[Stored data entries]
- - -

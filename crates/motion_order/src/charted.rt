// A panel together with the order of its motions.
ghost use Rattle.std.specs.Prelude.{◌≡◌};
ghost use Rattle.motion_order.specs.Classes.{class_of, count_of};
ghost use Rattle.motion_order.specs.InClasses.{InClasses};

use crate::classes::Classes;
use crate::ends::{Ends, mark_ends};
use crate::order::MotionOrder;
use cost::cost::Cost;
use panel::panel::Panel;
use std::marker::Model;

// Contracts see the panel. The order of its motions is made once, since what a panel answers never changes; the two
// stand together so that no search takes the order of one panel for another's.
#[derive(Drop)]
pub struct Charted<P: Panel, K: Cost> {
    panel: P,
    order: MotionOrder<K>,
    ends: Ends,
}

impl<P: Panel, K: Cost> Model for Charted<P, K> {
    ghost use Rattle.std.specs.Prelude.{length};
    ghost use Rattle.motion_order.specs.Ends.{class_at};
    ghost use Rattle.motion_order.specs.InClasses.{InClasses};

    ghost Value = { P };

    ghost view = { λ c. c.panel };

    ghost invariant = { λ c. InClasses K.costs (P.answers c.panel) (length c.ends) (class_at c.order c.ends) };
}

impl<P: Panel, K: Cost> Charted<P, K> {
    // Makes the order of a panel's motions.
    pub fn new(panel: P) -> Charted<P, K>
        ensures { result ≡ panel }
    {
        let order = MotionOrder::new(&panel);
        let ends = mark_ends::<K>(order.offers());
        Charted { panel, order, ends }
    }

    pub fn panel(&self) -> &P
        ensures { result.now ≡ self.now }
    {
        &self.panel
    }

    // The panel's motions and its retype in classes of one cost.
    pub fn classes(&self) -> Classes<'_>
        ensures { InClasses K.costs (P.answers self.now) (count_of result) (class_of result) }
    {
        Classes {
            offers: self.order.offers(),
            ends: self.ends.as_slice(),
        }
    }

    // Feeds a byte to the panel.
    pub fn feed(&mut self, byte: u8)
        ensures fixed { P.answers self.new ≡ P.answers self.old }
        ensures after { P.meaning self.new ≡ P.fed (P.answers self.old) (P.meaning self.old) byte }
    {
        self.panel.feed(byte);
    }
}
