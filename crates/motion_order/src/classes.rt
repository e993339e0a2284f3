// A panel's motions in classes.
ghost use Rattle.std.specs.Prelude.{◌≡◌};
ghost use Rattle.motion_order.specs.Classes.{class_of, count_of};
ghost use Rattle.motion_order.specs.Ends.{begins_at, ends_at};

use crate::offer::Offer;

// A panel's motions and its retype in classes of one cost, the cheapest first, in a class by number.
#[derive(Clone, Copy)]
pub struct Classes<'a> {
    pub(crate) offers: &'a [Offer],
    pub(crate) ends: &'a [u16],
}

impl<'a> Classes<'a> {
    // How many classes there are.
    pub fn count(&self) -> usize
        ensures { result ≡ count_of self.now }
    {
        self.ends.len()
    }

    // Where a class ends.
    fn end(&self, class: usize) -> usize
        ensures { result ≡ ends_at self.now.ends.now class }
    {
        match self.ends.get(class) {
            Some(end) => usize::from(*end),
            None => 0,
        }
    }

    // Where a class begins.
    fn begin(&self, class: usize) -> usize
        ensures { result ≡ begins_at self.now.ends.now class }
    {
        if class == 0 { 0 } else { self.end(class - 1) }
    }

    // The motions of a class; none where there is no such class.
    pub fn class(&self, class: usize) -> &'a [Offer]
        ensures { result.now ≡ class_of self.now class }
    {
        let offers = &self.offers[..self.end(class).min(self.offers.len())];
        &offers[self.begin(class).min(offers.len())..]
    }
}
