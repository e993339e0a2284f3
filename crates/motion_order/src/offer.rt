// A motion, and what its cost is reckoned from.
ghost use Rattle.std.specs.Prelude.{◌≡◌, ◌<◌};
ghost use Rattle.motion_order.specs.InOrder.{Told, dearer, weighed};

use cost::cost::Cost;
use panel::panel::Panel;

// Every motion of the largest panel, and the retype.
pub const MOST_OFFERS: usize = 4097;

// The retype is counted as a motion here. Its number is the one after the last motion of the panel, which the panel
// does not offer.
#[derive(Clone, Copy, Debug, PartialEq, Eq)]
pub struct Offer {
    pub motion: u16,
    pub milliseconds: u16,
    pub bytes: u8,
}

impl Offer {
    // A motion of the panel.
    pub(crate) fn of_motion<P: Panel>(panel: &P, motion: u16) -> Offer
        requires { motion < (P.answers panel.now).motions }
        ensures is { result.motion ≡ motion }
        ensures told { Told (P.answers panel.now) result }
    {
        let bytes = panel.motion_bytes(motion);
        Offer {
            motion,
            milliseconds: panel.delay(motion),
            bytes: bytes.as_slice().len() as u8,
        }
    }

    // The retype: the panel prints what is there already, which is one byte and takes no time.
    pub(crate) fn of_retype<P: Panel>(panel: &P) -> Offer
        ensures is { result.motion ≡ (P.answers panel.now).motions }
        ensures told { Told (P.answers panel.now) result }
    {
        Offer {
            motion: panel.motions(),
            milliseconds: 0,
            bytes: 1,
        }
    }

    pub fn cost<K: Cost>(&self) -> K
        ensures { K.value result ≡ weighed K.costs self.now }
    {
        K::of_motion(self.bytes, self.milliseconds)
    }

    // Whether this motion costs more than another.
    pub(crate) fn is_dearer<K: Cost>(&self, other: &Offer) -> bool
        ensures { result ≡ dearer K.costs other.now self.now }
    {
        let cost: K = self.cost();
        !cost.at_most(other.cost())
    }
}
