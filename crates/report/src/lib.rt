// What the desk and the vector programs print with: pieces of lines, and the digest that stands for many results. No contract can say what is written.
#![tactic(auto)]

pub mod input;

ghost use Rattle.std.specs.Prelude.{◌≡◌, ◌+◌, ◌*◌, ◌%◌};
ghost use Rattle.std.specs.List.{fold};
ghost use Rattle.report.specs.Digest.{absorbed};

// Where the output takes no more, the rest is let go: nobody is left to be told.
pub fn text(rt: &impl Print, bytes: &[u8]) {
    let _ = rt.write_all(bytes);
}

pub fn space(rt: &impl Print) {
    text(rt, b" ");
}

pub fn end(rt: &impl Print) {
    text(rt, b"\n");
}

pub fn hex(rt: &impl Print, n: u64, width: usize) {
    let mut digits = [0u8; 16];
    let k = io::hex(n, width, &mut digits);
    text(rt, &digits[..k]);
}

pub fn decimal(rt: &impl Print, n: u64) {
    let mut digits = [0u8; 20];
    let k = io::decimal(n, &mut digits);
    text(rt, &digits[..k]);
}

// A name that is kept as one number, its first byte lowest.
pub fn name(rt: &impl Print, key: u64) {
    let unused = key.leading_zeros() as usize / 8;
    text(rt, &key.to_le_bytes()[..8 - unused]);
}

// The digest with one number more.
pub fn absorb(digest: u64, x: u16) -> u64
    ensures { result ≡ (digest % 4294967291 * 65599 + x) % 4294967291 }
{
    (digest % 4294967291 * 65599 + x as u64) % 4294967291
}

// The digest with three words more, taken as one number.
pub fn absorb_three(digest: u64, a: u16, b: u16, c: u16) -> u64
    ensures { result ≡ (digest % 4294967291 * 65599 + (a + b * 65536 + c * 4294967296)) % 4294967291 }
{
    (digest % 4294967291 * 65599 + (a as u64 + b as u64 * 65536 + c as u64 * 4294967296))
        % 4294967291
}

pub fn absorb_byte(digest: u64, b: u8) -> u64
    ensures { result ≡ (digest % 4294967291 * 65599 + b) % 4294967291 }
{
    absorb(digest, b as u16)
}

// The digest with each byte more, in their order. Bytes and words have a function each: one over both would promise by what `From` gives, and say no more.
pub fn absorb_bytes(digest: u64, bytes: &[u8]) -> u64
    ensures { result ≡ fold absorbed digest bytes.now }
{
    let mut all = digest;
    for &b in bytes {
        all = absorb_byte(all, b);
    }
    all
}

// The same of words.
pub fn absorb_words(digest: u64, words: &[u16]) -> u64
    ensures { result ≡ fold absorbed digest words.now }
{
    let mut all = digest;
    for &w in words {
        all = absorb(all, w);
    }
    all
}
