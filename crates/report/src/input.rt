// Input that is read whole.
ghost use Rattle.std.specs.Prelude.{◌≤◌, length};

use std::io::Read;

// Reads until the room is full, the input ends or a read fails: how many bytes were put at its start.
pub fn read_full<R: Read>(from: &mut R, out: &mut [u8]) -> usize
    ensures { result ≤ length out.new }
{
    // A step is as long as what a read gives, so that no `for` is plainer.
    let mut done: usize = 0;
    while done < out.len() {
        match from.read(&mut out[done..]) {
            Ok(0) | Err(_) => return done,
            Ok(n) => done += n,
        }
    }
    done
}
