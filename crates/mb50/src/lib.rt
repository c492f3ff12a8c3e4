// The C boundary: the calls on 32 words of state, lent bytes and lent journal words, and the text of instructions. No rule of its own.
#![tactic(auto)]

ghost use Rattle.history.specs.Trace.{Call as CallOf, give, back as goes_back};
ghost use Rattle.calls.specs.Inputs.{Input};
ghost use Rattle.machine.specs.Asked.{asked};
ghost use Rattle.boundary.specs.Boundary.{Crosses, listed, assembled};
ghost use Rattle.crossing.specs.Crossing.{CrossesWatched};
ghost use Rattle.pen_crossing.specs.Crossing.{CrossesPen};
ghost use Rattle.std.specs.Prelude.{◌≡◌, length};
ghost use Rattle.text.specs.Listing.{list_says, list_leaves};
ghost use Rattle.text.specs.Assembling.{assemble_says};

use boundary::{fields, words};
use entries::Entry;
use machine::Call;

// Words to machine, the call, machine to words.
pub fn cross(call: Call, state: &mut [u16; 32], ram: &mut [u8], journal: &mut [u16]) -> u64
    ensures { Crosses (asked call) state.old ram.old journal.old result state.new ram.new journal.new }
{
    let m = words::taken(*state);
    let r = machine::answer(call, m, ram, journal);
    words::answer(state, r)
}

#[unsafe(no_mangle)]
pub extern "C" fn mb50_step(state: &mut [u16; 32], ram: &mut [u8], journal: &mut [u16]) -> u64
    ensures { Crosses (give Input.step) state.old ram.old journal.old result state.new ram.new journal.new }
{
    cross(Call::Step, state, ram, journal)
}

#[unsafe(no_mangle)]
pub extern "C" fn mb50_tick(state: &mut [u16; 32], ram: &mut [u8], journal: &mut [u16]) -> u64
    ensures { Crosses (give Input.tick) state.old ram.old journal.old result state.new ram.new journal.new }
{
    cross(Call::Tick, state, ram, journal)
}

#[unsafe(no_mangle)]
pub extern "C" fn mb50_receive(
    state: &mut [u16; 32],
    ram: &mut [u8],
    journal: &mut [u16],
    byte: u8,
) -> u64
    ensures { Crosses (give (Input.receive byte)) state.old ram.old journal.old result state.new ram.new journal.new }
{
    cross(Call::Receive(byte), state, ram, journal)
}

#[unsafe(no_mangle)]
pub extern "C" fn mb50_sent(state: &mut [u16; 32], ram: &mut [u8], journal: &mut [u16]) -> u64
    ensures { Crosses (give Input.sent) state.old ram.old journal.old result state.new ram.new journal.new }
{
    cross(Call::Sent, state, ram, journal)
}

#[unsafe(no_mangle)]
pub extern "C" fn mb50_set_register(
    state: &mut [u16; 32],
    ram: &mut [u8],
    journal: &mut [u16],
    number: u8,
    content: u16,
) -> u64
    ensures { Crosses (give (Input.set_register number content)) state.old ram.old journal.old
        result state.new ram.new journal.new }
{
    cross(Call::SetRegister(number, content), state, ram, journal)
}

#[unsafe(no_mangle)]
pub extern "C" fn mb50_poke(
    state: &mut [u16; 32],
    ram: &mut [u8],
    journal: &mut [u16],
    address: u16,
    byte: u8,
) -> u64
    ensures { Crosses (give (Input.poke address byte)) state.old ram.old journal.old result state.new ram.new journal.new }
{
    cross(Call::Poke(address, byte), state, ram, journal)
}

#[unsafe(no_mangle)]
pub extern "C" fn mb50_reset(state: &mut [u16; 32], ram: &mut [u8], journal: &mut [u16]) -> u64
    ensures { Crosses (give Input.resets) state.old ram.old journal.old result state.new ram.new journal.new }
{
    cross(Call::Reset, state, ram, journal)
}

#[unsafe(no_mangle)]
pub extern "C" fn mb50_run(
    state: &mut [u16; 32],
    ram: &mut [u8],
    journal: &mut [u16],
    budget: u16,
) -> u64
    ensures { Crosses (CallOf.run budget) state.old ram.old journal.old result state.new ram.new journal.new }
{
    cross(Call::Run(budget), state, ram, journal)
}

// The list's entries are three words each, as C has them.
#[unsafe(no_mangle)]
pub extern "C" fn mb50_run_watched(
    state: &mut [u16; 32],
    ram: &mut [u8],
    journal: &mut [u16],
    list: &mut [Entry],
    budget: u16,
) -> u64
    ensures { CrossesWatched budget state.old ram.old journal.old list.old
        result state.new ram.new journal.new list.new }
{
    let c = crossing::cross_list(state, ram, journal, list, budget);
    entries::mark(list, c.met);
    c.result
}

// A pen by its line. Of the setup the first words are the name's address, the stop and the budget, then each given register's number and content.
#[unsafe(no_mangle)]
pub extern "C" fn mb50_pen<'a>(
    state: &mut [u16; 32],
    ram: &mut [u8],
    journal: &mut [u16],
    line: &[u8],
    today: &'a [u8],
    last_good: &'a [u8],
    setup: &[u16],
) -> u64
    ensures { CrossesPen line.now today.now last_good.now setup.now
        state.old ram.old journal.old result state.new ram.new journal.new }
{
    pen_crossing::cross_pen(state, ram, journal, line, today, last_good, setup)
}

#[unsafe(no_mangle)]
pub extern "C" fn mb50_step_back(state: &mut [u16; 32], ram: &mut [u8], journal: &mut [u16]) -> u64
    ensures { Crosses goes_back state.old ram.old journal.old result state.new ram.new journal.new }
{
    cross(Call::Back, state, ram, journal)
}

#[unsafe(no_mangle)]
pub extern "C" fn mb50_list(word: u16, out: &mut [u8]) -> u64
    ensures value { result ≡ listed (list_says word (length out.old)) }
    ensures out_after { out.new ≡ list_leaves word out.old }
{
    fields::listed(text::list::list(word, out))
}

#[unsafe(no_mangle)]
pub extern "C" fn mb50_assemble(line: &[u8]) -> u64
    ensures { result ≡ assembled (assemble_says line.now) }
{
    fields::assembled(text::assemble::assemble(line))
}
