// The line V of a text score: a wave with its knobs, drawbars or style, and the duty.
#![tactic(auto)]

ghost use Rattle.std.specs.Prelude.{◌≡◌, drop, Some};
ghost use Rattle.dsl.specs.Sets.{fm_by, pluck_by, piano_by, bass_by};
ghost use Rattle.text_lines.specs.Line.{float_at};
ghost use Rattle.text_voice_line.specs.Voice.{ends, bar_count, knob_count, bars_of, style_field, voice_with, voice_of, sound_of, line_v};
ghost use Rattle.text_digits.specs.Answers.{value_in};

use dsl::{BassKnobs, Drawbars, FmKnobs, KitStyle, PianoKnobs, PluckKnobs, SeqVoice, SeqWave};
use text_digits::expect;
use text_lines::{FLOAT, WORD, ending, field, float_at};

// The places of the waves that have knobs, drawbars or a style. They stay numbers, as on the line V,
// since the definitions `knob_count`, `style_field`, `voice_of` and `sound_of` take a place.
const FM: u32 = 5;

const PLUCK: u32 = 6;

const PIANO: u32 = 7;

const ORGAN: u32 = 9;

const BASS: u32 = 15;

const KIT: u32 = 16;

// Whether the line ends at a place.
fn ends(s: &[u8], at: usize) -> bool
    ensures { result ≡ ends (drop at s.now) }
{
    expect(s, at, b'\n').is_some()
}

// Drawbars are ten numbers or, where the line ends after the duty, none.
fn bar_count(ended: bool) -> usize
    ensures { result ≡ bar_count ended }
{
    if ended {
        return 0;
    }
    10
}

// How many numbers follow the duty of the wave at a place.
fn knob_count(place: u32, ended: bool) -> usize
    ensures { result ≡ knob_count place ended }
{
    if place == FM {
        return 3;
    }
    if place == PLUCK {
        return 4;
    }
    if place == PIANO {
        return 5;
    }
    if place == BASS {
        return 10;
    }
    if place == ORGAN {
        return bar_count(ended);
    }
    0
}

// The knobs of some bits, 0 where there are none.
fn fm_of(bits: &[u32]) -> FmKnobs
    ensures { result ≡ fm_by (float_at bits.now) }
{
    FmKnobs {
        fm_ratio: float_at(bits, 0),
        fm_index: float_at(bits, 1),
        fm_strike: float_at(bits, 2),
    }
}

fn pluck_of(bits: &[u32]) -> PluckKnobs
    ensures { result ≡ pluck_by (float_at bits.now) }
{
    PluckKnobs {
        pluck_decay: float_at(bits, 0),
        pluck_body: float_at(bits, 1),
        pluck_pick: float_at(bits, 2),
        pluck_tone: float_at(bits, 3),
    }
}

fn piano_of(bits: &[u32]) -> PianoKnobs
    ensures { result ≡ piano_by (float_at bits.now) }
{
    PianoKnobs {
        piano_hammer: float_at(bits, 0),
        piano_strike: float_at(bits, 1),
        piano_inharm: float_at(bits, 2),
        piano_detune: float_at(bits, 3),
        piano_decay: float_at(bits, 4),
    }
}

fn bass_of(bits: &[u32]) -> BassKnobs
    ensures { result ≡ bass_by (float_at bits.now) }
{
    BassKnobs {
        bass_cutoff: float_at(bits, 0),
        bass_env: float_at(bits, 1),
        bass_env_vel: float_at(bits, 2),
        bass_decay: float_at(bits, 3),
        bass_click: float_at(bits, 4),
        bass_body: float_at(bits, 5),
        bass_sub: float_at(bits, 6),
        bass_sub_ratio: float_at(bits, 7),
        bass_drive: float_at(bits, 8),
        bass_body_decay: float_at(bits, 9),
    }
}

// The drawbars of some bits, `BARS` where there are none.
fn bars_of(bits: &[u32]) -> Drawbars
    ensures { result ≡ bars_of bits.now }
{
    if bits.len() == 0 {
        return Drawbars::bars();
    }
    Drawbars {
        ratio1: float_at(bits, 0),
        level1: float_at(bits, 1),
        ratio2: float_at(bits, 2),
        level2: float_at(bits, 3),
        ratio3: float_at(bits, 4),
        level3: float_at(bits, 5),
        ratio4: float_at(bits, 6),
        level4: float_at(bits, 7),
        ratio5: float_at(bits, 8),
        level5: float_at(bits, 9),
    }
}

// The kit's style, and the place after it. Other waves have none on their line, and their voices hold the first.
fn style_field(s: &[u8], at: usize, place: u32) -> Option<(KitStyle, usize)>
    ensures { value_in s.now result ≡ style_field place (drop at s.now) }
{
    if place != KIT {
        return Some((KitStyle::Classic, at));
    }
    let (number, next) = field(s, at, WORD)?;
    let style = KitStyle::at(number as u32)?;
    Some((style, next))
}

// The voice of a style, of the bits of each set and of the drawbars.
fn voice_with(
    wave: SeqWave,
    style: KitStyle,
    fm: &[u32],
    pluck: &[u32],
    piano: &[u32],
    bass: &[u32],
    bars: &[u32],
) -> SeqVoice
    ensures { result ≡ voice_with wave style fm.now pluck.now piano.now bass.now bars.now }
{
    SeqVoice {
        wave,
        fm: fm_of(fm),
        pluck: pluck_of(pluck),
        piano: piano_of(piano),
        bass: bass_of(bass),
        bars: bars_of(bars),
        kit: style,
    }
}

// The voice of a wave, of its place, its style and the bits of its own knobs or drawbars.
fn voice_of(place: u32, wave: SeqWave, style: KitStyle, bits: &[u32]) -> SeqVoice
    ensures { result ≡ voice_of place wave style bits.now }
{
    let none = &bits[..0];
    if place == FM {
        return voice_with(wave, style, bits, none, none, none, none);
    }
    if place == PLUCK {
        return voice_with(wave, style, none, bits, none, none, none);
    }
    if place == PIANO {
        return voice_with(wave, style, none, none, bits, none, none);
    }
    if place == BASS {
        return voice_with(wave, style, none, none, none, bits, none);
    }
    if place == ORGAN {
        return voice_with(wave, style, none, none, none, none, bits);
    }
    voice_with(wave, style, none, none, none, none, none)
}

#[derive(Clone, Copy)]
pub struct Sound {
    pub voice: SeqVoice,
    pub duty: f32,
}

// The duty, the style and the knobs or drawbars of a wave, to the end of its line.
fn sound_of(s: &[u8], at: usize, place: u32, wave: SeqWave) -> Option<(Sound, usize)>
    ensures { value_in s.now result ≡ sound_of place (Some wave) (drop at s.now) }
{
    let (duty, second) = field(s, at, FLOAT)?;
    let (style, first) = style_field(s, second, place)?;
    let kinds = [FLOAT; 10];
    let mut bits = [0u32; 10];
    let k = knob_count(place, ends(s, first));
    let next = ending(s, first, &kinds[..k], &mut bits)?;
    let sound = Sound {
        voice: voice_of(place, wave, style, &bits[..k]),
        duty: rounding::f32_from_bits(duty as u32),
    };
    Some((sound, next))
}

pub fn line_v(s: &[u8], at: usize) -> Option<(Sound, usize)>
    ensures { value_in s.now result ≡ line_v (drop at s.now) }
{
    let first = expect(s, at, b'V')?;
    let (place, next) = field(s, first, WORD)?;
    let wave = SeqWave::at(place as u32)?;
    sound_of(s, next, place as u32, wave)
}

- - -

• _Work required_
Copy out the data above word for word, starting at its first line and ending with the line that contains "pub fn new(panel: P) -> Charted<P, K>".

• _Answer space_
filename crates/motion_order/src/charted.rt
// A panel together with the order of its motions.
ghost use Rattle.std.specs.Prelude.{◌≡◌};
ghost use Rattle.motion_order.specs.Classes.{class_of, count_of};
ghost use Rattle.motion_order.specs.InClasses.{InClasses};

use crate::classes::Classes;
use crate::ends::{Ends, mark_ends};
use crate::order::MotionOrder;
use cost::cost::Cost;
use panel::panel::Panel;
use std::marker::Model;

// Contracts see the panel. The order of its motions is made once, since what a panel answers never changes; the two
// stand together so that no search takes the order of one panel for another's.
#[derive(Drop)]
pub struct Charted<P: Panel, K: Cost> {
    panel: P,
    order: MotionOrder<K>,
    ends: Ends,
}

impl<P: Panel, K: Cost> Model for Charted<P, K> {
    ghost use Rattle.std.specs.Prelude.{length};
    ghost use Rattle.motion_order.specs.Ends.{class_at};
    ghost use Rattle.motion_order.specs.InClasses.{InClasses};

    ghost Value = { P };

    ghost view = { λ c. c.panel };

    ghost invariant = { λ c. InClasses K.costs (P.answers c.panel) (length c.ends) (class_at c.order c.ends) };
}

impl<P: Panel, K: Cost> Charted<P, K> {
    // Makes the order of a panel's motions.
    pub fn new(panel: P) -> Charted<P, K>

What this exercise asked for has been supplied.